Divergent reactivity of acrylamides and β-chloroenones under base-controlled palladium catalysis: construction of spirooxindoles and furan-containing 3,3-disubstituted oxindoles

Herein, we report a divergent construction of spirooxindoles and furan-containing 3,3-disubstituted oxindoles from acrylamides and (E)-beta-chloroenones through (Cs2CO3 or K2CO3)-assisted palladium catalysis, respectively. The sigma-alkylpalladium(ii) species generated from acrylamide and (E)-beta-chloroenone as a 1,2-allenyl ketone surrogate can be involved in two typically catalytic cascades. The formation of spirooxindoles is thought to proceed via sigma-alkylpalladium(ii) species followed by a sequence of C-H activation, highly regioselective allene insertion, and reduction elimination.

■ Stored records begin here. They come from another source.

impl Action {
    /// How many changes it reports as done, one after the other.
    pub(crate) fn changes(self) -> usize {
        match self {
            Action::Import(rows) => rows,
            Action::Ask(commands) => commands.len(),
            Action::CreateSecond | Action::CopyToDesk => 0,
            Action::Create
            | Action::CreateWithSums
            | Action::Copy
            | Action::Migrate
            | Action::AskAsOne(_)
            | Action::PutStaffKey => 1,
        }
    }

    /// Whether it asks for sums in a database that is new.
    pub(crate) fn asks_sums(self) -> bool {
        matches!(self, Action::CreateWithSums)
    }

    /// The action that makes only its first changes, where each of them is a command or a row.
    pub(crate) fn first(self, changes: usize) -> Action {
        match self {
            Action::Import(_) => Action::Import(changes),
            Action::Ask(commands) => {
                let count = changes.min(commands.len());
                Action::Ask(&commands[..count])
            }
            action => action,
        }
    }
}

/// Where a file stops.
#[derive(Clone, Copy)]
pub(crate) enum Stops {
    /// Each file after 0, 1, 2 and more of its calls, and then none.
    Each,
    /// So many of these, drawn by the seed.
    Drawn(u32),
}

impl Stops {
    /// How many they are, of so many that there are.
    pub(crate) fn count(self, all: u64) -> u64 {
        match self {
            Stops::Each => all,
            Stops::Drawn(count) => u64::from(count),
        }
    }

    /// What the output says of it.
    pub(crate) fn words(self, alloc: Global) -> Result<String, AllocError> {
        match self {
            Stops::Each => String::from_str(alloc, "a stop at each"),
            Stops::Drawn(count) => format!(in alloc; "{count} stops drawn"),
        }
    }
}

/// What must come in a run.
#[derive(Clone, Copy, PartialEq, Eq)]
pub(crate) enum Wanted {
    /// After each stop the desk before a change, or the one after it.
    Right,
    /// After some stop another one, since the run is made so.
    Wrong,
}
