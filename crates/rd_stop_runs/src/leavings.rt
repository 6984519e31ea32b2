//! What a crash may leave of files.

use crate::files::{Drives, Pair, are_settled};
use rand_pcg::Pcg32;
use std::alloc::{AllocError, Global};

/// How many parts of the changes since the last syncs are drawn.
const PARTS: usize = 2;

/// What a crash keeps of the changes since the last syncs.
#[derive(Clone, Copy, PartialEq, Eq)]
pub(crate) enum Kept {
    Nothing,
    All,
    /// A drawn part; parts are counted from 1.
    Part(usize),
}

impl Kept {
    /// What the output says of it.
    pub(crate) fn words(self, alloc: Global) -> Result<String, AllocError> {
        match self {
            Kept::Nothing => String::from_str(alloc, "nothing kept"),
            Kept::All => String::from_str(alloc, "all kept"),
            Kept::Part(number) => {
                let all = PARTS;
                Ok(format!(in alloc; "part {number} of {all} kept")?)
            }
        }
    }
}

/// What a crash leaves.
#[derive(Drop)]
pub(crate) struct Left {
    pub(crate) kept: Kept,
    pub(crate) pair: Pair,
}

/// Adds what a crash leaves, unless the same stands there already.
fn add(all: &mut Vec<Left>, kept: Kept, pair: Pair) -> Result<(), AllocError> {
    for left in all.iter() {
        if left.pair.is_same(&pair) {
            return Ok(());
        }
    }
    Ok(all.push(Left { kept, pair })?)
}

/// What a crash may leave of files now: with nothing kept, with all kept, and with some parts, each
/// only where it differs from those before it.
pub(crate) fn leavings(
    alloc: Global,
    files: &Drives,
    draws: &mut Pcg32,
) -> Result<Vec<Left>, AllocError> {
    let mut all = Vec::new(alloc);
    add(&mut all, Kept::Nothing, Pair::lost(files)?)?;
    if are_settled(files) {
        return Ok(all);
    }
    add(&mut all, Kept::All, Pair::kept(files)?)?;
    for number in 1..=PARTS {
        add(&mut all, Kept::Part(number), Pair::part(files, draws)?)?;
    }
    Ok(all)
}
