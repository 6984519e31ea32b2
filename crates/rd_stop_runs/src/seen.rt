//! What a database holds when it is opened again.

use crate::desk::words_of_open;
use crate::drive::Sort;
use crate::files::{Pair, connect};
use anyhow::Result;
use rd_fakes::desk::{create, into_connection, migrate};
use rd_fakes::tables::{answer_of, contents_of};
use rd_store::{OpenFault, Store};
use sqlite::{Alter, Connection, Error};
use std::alloc::{AllocError, Global};

/// The number from which a database that is opened again makes the salts of its log.
const SALT: u64 = 4;

/// What a database holds.
#[derive(Drop)]
pub(crate) struct Seen {
    /// The version of the desk, and the rows that answer a question in SQL, each line ended by a
    /// line feed; or why no desk opens, or why it does not say what it holds.
    pub(crate) short: String,
    /// What the tables hold once the desk has the newest version.
    tables: String,
}

fn number<S: Alter>(conn: &mut Connection<S>, sql: &str) -> Result<i64, Error> {
    conn.query_row(sql, &[])?.get(0)
}

/// What stands where no desk is: an empty database, in which one can be made, or something else.
fn without_desk<S: Alter + Drop>(mut conn: Connection<S>) -> &'static str {
    if !matches!(
        number(&mut conn, "SELECT count(*) FROM sqlite_master"),
        Ok(0)
    ) {
        return "not-a-desk";
    }
    if create(conn).is_ok() {
        "empty"
    } else {
        "empty, but no desk is made there"
    }
}

/// Why no desk opens, in words.
fn reason<S: Alter + Drop>(fault: OpenFault, conn: Connection<S>) -> &'static str {
    match fault {
        OpenFault::NotADesk => without_desk(conn),
        OpenFault::Version | OpenFault::Inconsistent | OpenFault::Sql => words_of_open(fault),
    }
}

impl Seen {
    /// Nothing, for this reason.
    fn without(alloc: Global, reason: &str) -> Result<Seen, AllocError> {
        Ok(Seen {
            short: format!(in alloc; "{reason}\n")?,
            tables: String::new(alloc),
        })
    }

    /// A desk that had this version before it opened, with the rows that answer a question and what
    /// its tables hold.
    fn whole(
        alloc: Global,
        version: i64,
        answer: &str,
        tables: String,
    ) -> Result<Seen, AllocError> {
        if tables.as_str().contains("no table\n") {
            return Seen::without(alloc, "a table is missing");
        }
        Ok(Seen {
            short: format!(in alloc; "version {version}\n{answer}")?,
            tables,
        })
    }

    /// The rows of a desk that had this version before it opened.
    fn rows<S: Alter>(
        alloc: Global,
        version: i64,
        conn: &mut Connection<S>,
        question: &str,
    ) -> Result<Seen> {
        match answer_of(alloc, conn, question) {
            Ok(answer) => {
                let tables = contents_of(alloc, conn)?;
                Ok(Seen::whole(alloc, version, answer.as_str(), tables)?)
            }
            Err(_) => Ok(Seen::without(alloc, "no answer")?),
        }
    }

    /// An open desk, and the version that it had before it opened.
    fn desk<S: Alter + Drop>(
        alloc: Global,
        version: Option<i64>,
        store: Store<S>,
        question: &str,
    ) -> Result<Seen> {
        let mut conn = into_connection(store);
        match version {
            Some(version) => Seen::rows(alloc, version, &mut conn, question),
            None => Ok(Seen::without(alloc, "no version")?),
        }
    }

    /// What a database holds that this program connects to.
    fn migrated<S: Alter + Drop>(
        alloc: Global,
        mut conn: Connection<S>,
        question: &str,
    ) -> Result<Seen> {
        let version = number(&mut conn, "SELECT version FROM desk").ok();
        match migrate(alloc, conn) {
            Ok(store) => Seen::desk(alloc, version, store, question),
            Err((fault, conn)) => Ok(Seen::without(alloc, reason(fault, conn))?),
        }
    }

    /// Nothing, since there is no connection.
    fn unconnected(alloc: Global, error: Error) -> Result<Seen> {
        let reason = format!(in alloc; "no database: {error}")?;
        Ok(Seen::without(alloc, reason.as_str())?)
    }

    /// What the database in two files of a sort holds.
    pub(crate) fn of(alloc: Global, pair: &Pair, sort: Sort, question: &str) -> Result<Seen> {
        let files = pair.files(alloc, sort, None)?;
        match connect(alloc, files, pair.options(SALT), false) {
            Ok(conn) => Seen::migrated(alloc, conn, question),
            Err((error, _)) => Seen::unconnected(alloc, error),
        }
    }

    /// Whether both are the same.
    pub(crate) fn is_same(&self, other: &Seen) -> bool {
        self.short.as_str() == other.short.as_str() && self.has_tables_of(other)
    }

    /// Whether the tables of both hold the same.
    pub(crate) fn has_tables_of(&self, other: &Seen) -> bool {
        self.tables.as_str() == other.tables.as_str()
    }

    /// The first line of the tables that those of another do not have; empty where there is none.
    pub(crate) fn line_beyond(&self, other: &Seen) -> &str {
        line_beyond(self.tables.as_str(), other.tables.as_str())
    }
}

/// The first line of a text that another does not have; empty where there is none.
fn line_beyond<'a>(text: &'a str, other: &str) -> &'a str {
    for line in text.lines() {
        if !other.contains(line) {
            return line;
        }
    }
    ""
}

The synthesis of furan-containing oxindoles proceeds through sigma-alkylpalladium(ii)-catalyzed allenyl ketone activation-cyclization, palladium carbene migratory insertion, and beta-hydride elimination. Computational studies provide valuable insights into the modes of carbopalladation cyclization, sigma-alkylpalladium(ii) species, spirocyclic palladacycle, regioselectivity of allene insertion, key step of Pd-carbene migratory insertion, and importance of chloride anions in catalyst regeneration. Divergent synthesis of spirooxindoles and furan-containing oxindoles via base-controlled palladium catalysis was achieved. The key intermediates, allene insertion, and Pd-carbene migratory insertion are supported by DFT calculations.